# Moving to HK in first week of September



## mabes (Aug 9, 2010)

Hello All

I am IT professional moving to HK in the first week of September, I know very little other than the 1 week I had there a couple of months ago and really only saw the great nightlife. I will be working banking and once I take care of my UK commitments I will have around $71k HK dollars a month to live on. What sort of living lifesytle can I expect? I was hoping to live in the central area as its close to my office or maybe Olympic station or Kowloon station where they have all the new builds. Any recommendations?

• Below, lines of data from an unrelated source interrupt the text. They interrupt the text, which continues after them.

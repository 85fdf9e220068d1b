//! Runs samples through the calls of `fmea_rows`: tables of systems that are written in lines, random systems whose rows are
//! compared with those that the rounds under each event give, and large systems.
//!
//! The lines of a system are `event NAME`, `fact NAME FORMULA`, `effects NUMBER ..` or `effects all`, and `table`, which prints its
//! table. A formula stands with its parts before it: `t` is always true, `e0` the first event, `f0` the first fact, and `and2`,
//! `or2` and `2of3` take so many parts. `random SEED COUNT`, `rings GROUPS SIZE FACTS` and `ring table GROUPS SIZE FACTS` make
//! systems of their own. A line that begins with `#` says nothing.
#![tactic(auto)]

mod compared;
mod names;
mod reading;
mod rings;
mod sample;

use fta_outside::StdSink;
use sample::Sample;
use std::io;

fn main(rt: HostRuntime) -> io::Result<()> {
    let mut sample = Sample::new(rt.alloc());
    let mut out = StdSink::new(rt.stdout());
    for line in rt.lines(rt.alloc()) {
        let line = line?;
        sample.take_line(&rt, rt.alloc(), line.as_bytes(), &mut out)?;
    }
    Ok(())
}
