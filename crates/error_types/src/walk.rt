ghost use Rattle.std.specs.Prelude.{◌≡◌, ◌<◌, ◌^◌, ◌&&◌, ◌∷◌, [], false, flat_map, length, option_copied, IfOk};
ghost use Rattle.plain_values.specs.Order.{least, nearer};
ghost use Rattle.error_types.specs.inner.Leaving.{LeadsWalk};
ghost use Rattle.error_libraries.specs.Libraries.{is_item_in, item_at};
ghost use Rattle.error_types.specs.inner.Trip.{arrival, items_on, walk_left, with_names};
ghost use Rattle.error_types.specs.Walk.{is_set_item, needs_of, number_met, of_item, product_of_term, products_of, walk_from};

use crate::needs::{Need, Needs, NextName};
use crate::trip::{Back, Trip, Walked, push_number};
use aadl_syntax::{Term, TypeItem, TypeKind};
use error_libraries::{Declarations, ItemId};
use plain_values::{Code, FirstRefusal, Mem, Refusal};
use std::alloc::{AllocError, Global};

/// Where a walk is after a step: on its way, or at its end.
#[derive(Drop)]
pub(crate) enum Stage<'a> {
    Next(Trip<'a>),
    Ended(Walked),
}

/// The walk through an item; `through` tells whether it goes on from a type to the one that this extends.
pub(crate) fn walk_from<'a>(
    alloc: Global,
    through: bool,
    declarations: &mut Declarations<'_, 'a>,
    id: ItemId,
) -> Mem<Walked>
    ensures kept { declarations.new ≡ declarations.old }
    ensures followed { IfOk result (λ walked. walked.followed.items ≡ (walk_from through declarations.old id).followed) }
    ensures types { IfOk result (λ walked. walked.types.items ≡ (walk_from through declarations.old id).types) }
    ensures first { IfOk result (λ walked. walked.first ≡ (walk_from through declarations.old id).first) }
{
    let mut trip = begun(alloc, through, declarations, id)?;
    for _ in 0..u64::MAX {
        match onward(alloc, through, declarations, trip)? {
            Stage::Next(next) => trip = next,
            Stage::Ended(walked) => return Ok(walked),
        }
    }
    Err(AllocError)
}

/// The walk at its first item.
fn begun<'a>(
    alloc: Global,
    through: bool,
    declarations: &Declarations<'_, 'a>,
    id: ItemId,
) -> Mem<Trip<'a>>
    ensures { IfOk result (λ trip. walk_left through declarations.now trip ≡ walk_from through declarations.now id) }
{
    let item = declarations.item(id);
    let mut types = Vec::new(alloc);
    push_number(&mut types, number_met(through, declarations, id))?;
    Trip::at(alloc, id, needs_of(through, item), types, products_of(item))
}

/// A step of a walk: to the next name that is left, or back.
fn onward<'a>(
    alloc: Global,
    through: bool,
    declarations: &mut Declarations<'_, 'a>,
    mut trip: Trip<'a>,
) -> Mem<Stage<'a>>
    ensures kept { declarations.new ≡ declarations.old }
    ensures leads { IfOk result (LeadsWalk through declarations.old (walk_left through declarations.old trip.entry)) }
{
    match trip.next() {
        NextName::Name(need) => look_up(alloc, through, declarations, trip, need),
        NextName::Passed => Ok(Stage::Next(trip)),
        NextName::End => back(through, declarations, trip),
    }
}

/// A walk that has nothing left at its top goes back.
fn back<'a>(through: bool, declarations: &Declarations<'_, 'a>, trip: Trip<'a>) -> Mem<Stage<'a>>
    requires { trip.top.rest ≡ [] }
    ensures { IfOk result (LeadsWalk through declarations.now (walk_left through declarations.now trip.entry)) }
{
    match trip.leave()? {
        Back::On(next) => Ok(Stage::Next(next)),
        Back::Out(walked) => Ok(Stage::Ended(walked)),
    }
}

/// A walk looks a name up, and goes on to what it means.
fn look_up<'a>(
    alloc: Global,
    through: bool,
    declarations: &mut Declarations<'_, 'a>,
    mut trip: Trip<'a>,
    need: Need<'a>,
) -> Mem<Stage<'a>>
    ensures kept { declarations.new ≡ declarations.old }
    ensures leads { IfOk result (LeadsWalk through declarations.old (walk_left through declarations.old (with_names (need.entry ∷ trip.entry.top.rest) trip.entry))) }
{
    let mut first = FirstRefusal::new();
    let target = declarations.named_at(alloc, trip.home(), need.reference(), &mut first)?;
    trip.note(first.noted());
    match target {
        Some(id) => arrive(through, declarations, trip, need, id),
        None => Ok(Stage::Next(trip)),
    }
}

/// A walk goes on to the item that a name means.
fn arrive<'a>(
    through: bool,
    declarations: &Declarations<'_, 'a>,
    mut trip: Trip<'a>,
    need: Need<'a>,
    id: ItemId,
) -> Mem<Stage<'a>>
    ensures { IfOk result (LeadsWalk through declarations.now (arrival through declarations.now need.entry trip.entry id)) }
{
    let spot = need.reference().spot;
    if need.of_type() && is_set_item(declarations.item(id)) {
        trip.note(Some(Refusal::at(Code::UnknownType, spot)));
        return Ok(Stage::Next(trip));
    }
    match trip.mark(id) {
        None => enter(through, declarations, trip, need, id),
        Some(false) => Ok(Stage::Next(trip)),
        Some(true) => {
            trip.note(Some(Refusal::at(Code::CyclicType, spot)));
            Ok(Stage::Next(trip))
        }
    }
}

/// A walk enters an item.
fn enter<'a>(
    through: bool,
    declarations: &Declarations<'_, 'a>,
    trip: Trip<'a>,
    need: Need<'a>,
    id: ItemId,
) -> Mem<Stage<'a>>
    requires few { length trip.below < 2 ^ 32 }
    requires kind { (need.of_type && is_set_item (item_at declarations.now.libraries id)) ≡ false }
    requires new { is_item_in trip.followed id ≡ false }
    requires apart { is_item_in (items_on (trip.top ∷ trip.below)) id ≡ false }
    ensures { IfOk result (LeadsWalk through declarations.now (arrival through declarations.now need.entry trip.entry id)) }
{
    let item = declarations.item(id);
    let number = number_met(through, declarations, id);
    let first = products_of(item);
    let next = trip.enter(id, needs_of(through, item), number, first.noted())?;
    Ok(Stage::Next(next))
}

/// The number of the type that an item is, where the walk gathers types.
fn number_met(through: bool, declarations: &Declarations<'_, '_>, id: ItemId) -> Option<u32>
    ensures { result ≡ number_met through declarations.now id }
{
    if through {
        None
    } else {
        declarations.number(id)
    }
}

/// Whether an item, if there is one, is a set or an alias of one.
pub(crate) fn is_set_item(item: Option<&TypeItem>) -> bool
    ensures { result ≡ is_set_item (option_copied item.entry) }
{
    match item {
        Some(item) => matches!(item.kind, TypeKind::Set(_) | TypeKind::SetAlias(_)),
        None => false,
    }
}

/// The names that an item states, if there is one.
pub(crate) fn needs_of(through: bool, item: Option<&TypeItem>) -> Needs<'_>
    ensures { result ≡ of_item (needs_of through) (option_copied item.entry) }
{
    match item {
        Some(item) => Needs::of(through, &item.kind),
        None => Needs::one(false, None),
    }
}

/// The first refusal of the products of an item, if there is one.
pub(crate) fn products_of(item: Option<&TypeItem>) -> FirstRefusal
    ensures { result ≡ least (of_item products_of (option_copied item.entry)) }
{
    let mut first = FirstRefusal::new();
    if let Some(item) = item {
        if let TypeKind::Set(set) = &item.kind {
            note_products(set.terms.items(), &mut first);
        }
    }
    first
}

/// Notes P4 at each product among terms.
fn note_products(terms: &[Term], first: &mut FirstRefusal)
    ensures { first.new ≡ nearer first.old (least (flat_map product_of_term terms.now)) }
{
    for term in terms {
        note_product(term, first);
    }
}

/// Notes P4 at a product.
fn note_product(term: &Term, first: &mut FirstRefusal)
    ensures { first.new ≡ nearer first.old (least (product_of_term term.now)) }
{
    if let Term::Product(spot) = term {
        first.note(Refusal::at(Code::TypeProduct, *spot));
    }
}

I also moving a country where I have no friends, family etc, I think am I social guy and enjoy social night but a bit worried how to meet people. In my office my team are mainly locals and seem to be all family guys. How can I meet the expat community and build a network of friends. I have been to a few bars in LKF and Wanchai but I am a bit apprehensive bar crawling etc on my own. So all in all just wanted to some tips / suggestions on the above, Thanks


----------



## JWilliamson (May 31, 2010)

Ok 71k a month you know you have the money. As another user previously asked how can he live on a lot of money in Hong Kong? Well you can do what you like and you will be in a nice flat. In time you will meet people or you can go online and post. Gwielo making 71 thousand a month needs friends and you will have 1 million calling you. JW


----------



## dunmovin (Dec 19, 2008)

mabes said:


> Hello All
> 
> I am IT professional moving to HK in the first week of September, I know very little other than the 1 week I had there a couple of months ago and really only saw the great nightlife. I will be working banking and once I take care of my UK commitments I will have around $71k HK dollars a month to live on. What sort of living lifesytle can I expect? I was hoping to live in the central area as its close to my office or maybe Olympic station or Kowloon station where they have all the new builds. Any recommendations?
> 
> I also moving a country where I have no friends, family etc, I think am I social guy and enjoy social night but a bit worried how to meet people. In my office my team are mainly locals and seem to be all family guys. How can I meet the expat community and build a network of friends. I have been to a few bars in LKF and Wanchai but I am a bit apprehensive bar crawling etc on my own. So all in all just wanted to some tips / suggestions on the above, Thanks


Nervous about the move? rightly so.... HK can be a wonderful place ,,,,or it can chew you up and spit out the undigestable bits. You have obvioulsy done research. the figure of 71K, is that disposable income or total (does the offer include housing, med ins, mandatory provident fund, 13th month paymrnt to cover income tax)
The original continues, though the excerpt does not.